New prospectus regulation: a breather for SMEs?

The regulation, which replaces Directive 2003/71/EC of the European Parliament and of the Council, the so-called ‘prospectus directive’, will become applicable on a rolling basis as set out in the regulation itself, and will be binding in its entirety without the need of the Maltese Parliament’s intervention.

The European Commission hailed the implementation of the regulation as an essential step towards the completion of its initiative to establish a Capital Markets Union in the EU. The overarching goal of the regulation is to assist enterprises to exploit different sources of capital from all around the European Union and which will in turn stimulate a better environment for the internal market to function more efficiently.

By reducing the reliance on bank financing, and by varying the sources of capital funding for businesses, in particular small- and medium-sized enterprises, the regulation will also provide investors with more investment options, while ensuring adequate investment protection. From introducing a lighter regulatory regime to facilitating increased access to financing, the regulation aims to augment market efficiency while keeping in check the safeguarding of investor rights.

One of the most welcome changes heralded by the regulation is that small capital raisings and crowdfunding projects of up to €1 million will not need to issue a prospectus at all and will fall out of the regulation’s scope. This is a substantial increase of the €100,000 threshold applicable under the old regime. Moreover, in terms of the regulation, the exemption not to publish a prospectus shall also apply, among others, to an offer of securities whose denomination per unit amounts to at least €100,000.

In similar vein, the regulation will allow member states to exempt offers of securities to the public from the publication of an EU prospectus provided, amongst other things, that the total consideration of the capital raised in the EU over a year does not exceed €8 million. One must note, however, that when such offers of securities to the public are exempted from the obligation to publish a prospectus, these offers would not be able to avail themselves of the passporting regime set out in the regulation.

The regulation also seeks to make disclosure obligations less onerous in various scenarios. To this end, the regulation sets out rules for a range of different forms of prospectuses, namely: (i) a standard prospectus, (ii) a wholesale prospectus for non-equity securities, (iii) a base prospectus, and (iv) a simplified prospectus for secondary issuances and an EU growth prospectus.
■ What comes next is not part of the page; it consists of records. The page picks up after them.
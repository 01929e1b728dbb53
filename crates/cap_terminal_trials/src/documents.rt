use crate::fault::Fault;
use std::alloc::Global;
use std::string::String;

/// A document to the terminal T1. The words tell from whom, the message's number, its element and its function (`-`: none), the exchange and the body.
pub(crate) fn document(alloc: Global, words: [&str; 6]) -> Result<String, Fault> {
    let [from, number, element, function, exchange, body] = words;
    let mut text = format!(in alloc;
        "<Document xmlns=\"urn:x-cap20:1:{number}\"><{element}><Hdr>"
    )?;
    if function != "-" {
        let part = format!(in alloc; "<MsgFctn>{function}</MsgFctn>")?;
        text.push_str(&part)?;
    }
    let parties = parties(alloc, from, exchange)?;
    text.push_str(&parties)?;
    let rest = format!(in alloc; "{body}</{element}></Document>")?;
    text.push_str(&rest)?;
    Ok(text)
}

// What a header tells behind its function.
fn parties(alloc: Global, from: &str, exchange: &str) -> Result<String, Fault> {
    Ok(format!(in alloc;
        "<PrtcolVrsn>1</PrtcolVrsn><XchgId>{exchange}</XchgId><CreDtTm>2023-11-14T22:13:25Z</CreDtTm><InitgPty><Id>{from}</Id></InitgPty><RcptPty><Id>T1</Id></RcptPty></Hdr>"
    )?)
}

/// The host's decision on a sale, as a document.
pub(crate) fn decision(alloc: Global, exchange: &str, response: &str) -> Result<String, Fault> {
    let body = format!(in alloc;
        "<AuthstnRspn><Rspn>{response}</Rspn><AuthstnCd>004501</AuthstnCd></AuthstnRspn>"
    )?;
    document(
        alloc,
        [
            "ACQ1",
            "caaa.002",
            "AccptrAuthstnRspn",
            "AUTP",
            exchange,
            &body,
        ],
    )
}
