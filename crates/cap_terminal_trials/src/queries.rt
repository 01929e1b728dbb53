// Rows that ask what the terminal knows.
use crate::fault::Fault;
use crate::row::number;
use cap_entries::TermEntry;
use cap_journal::Journal;
use cap_terminal::Terminal;
use std::alloc::Global;
use std::string::String;

/// `counts`: how many sales were begun and how they ended, and how many periods were closed.
pub(crate) fn counts<J: Journal<TermEntry>>(
    alloc: Global,
    terminal: &Terminal<J>,
) -> Result<String, Fault> {
    let counts = terminal.counts();
    Ok(format!(in alloc; "{counts:?}")?)
}

/// `queue`: the number of items, of those acknowledged, and the first that is not.
pub(crate) fn queue<J: Journal<TermEntry>>(
    alloc: Global,
    terminal: &Terminal<J>,
) -> Result<String, Fault> {
    let (len, acked, head) = (terminal.items_len(), terminal.acked(), terminal.head_no());
    Ok(format!(in alloc; "{len} items, {acked} acknowledged, head {head:?}")?)
}

/// `limits`: the set-up's, and the parameter set and the floor in force.
pub(crate) fn limits<J: Journal<TermEntry>>(
    alloc: Global,
    terminal: &Terminal<J>,
) -> Result<String, Fault> {
    let (max, own) = (terminal.setup().max(), terminal.setup().floor());
    let (version, floor) = (terminal.in_force(), terminal.floor());
    Ok(format!(in alloc; "{max} {own}, version {version}, floor {floor}")?)
}

/// `pending 1`: whether the sale is pending, and the first pending one from there on.
pub(crate) fn pending<J: Journal<TermEntry>>(
    alloc: Global,
    terminal: &Terminal<J>,
    words: [&str; 6],
) -> Result<String, Fault> {
    let n = number(words[0]);
    let (is, from) = (terminal.is_pending(n), terminal.pending_from(n));
    Ok(format!(in alloc; "{is} {from:?}")?)
}

/// `totals 1`: a period's totals.
pub(crate) fn totals<J: Journal<TermEntry>>(
    alloc: Global,
    terminal: &Terminal<J>,
    words: [&str; 6],
) -> Result<String, Fault> {
    let totals = terminal.totals(number(words[0]));
    Ok(format!(in alloc; "{totals:?}")?)
}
The publication of simplified and lighter prospectuses reduces the administrative burden on issuers or offerors of securities, while ensuring that the basic information and necessary particulars which an investor would reasonably require to be able to make an informed overall assessment are catered for.

Another initiative spearheaded by the regulation, targeted at small- and medium-sized enterprises is the introduction of the so called EU growth prospectus. When offering securities to the public, SMEs, and other issuers listed in article 15 of the regulation, which do not already have securities admitted to trading on a regulated market, may choose to draw up a simplified standardised prospectus, written in a simple language and which is relatively easy to complete.

Additionally, once an EU growth prospectus is approved, it may benefit from the passporting regime under the regulation and should therefore be valid for any offer of securities to the public across the EU.

Besides simplification, the regulation strives to ensure uniformity of disclosures across the EU by eliminating all asymmetries which are previously encountered under the old regime, while at the same time catering for the development of a cross-border passport mechanism within a harmonised framework.

The rationale behind this harmonised framework stems from the fact that different approaches in different member states hinders the smooth functioning of the internal market as issuers in one member state would be subject to a different legal framework other member states, thereby running creating unnecessary obstacles and barriers.

It is evident that by means of the regulation, the European Commission is striving to strengthen the role of market-based finance in the European economy, with the ultimate aim of stimulating economic growth and job creation. Only time will tell whether the new prospectus rules live up to the Commission’s expectations.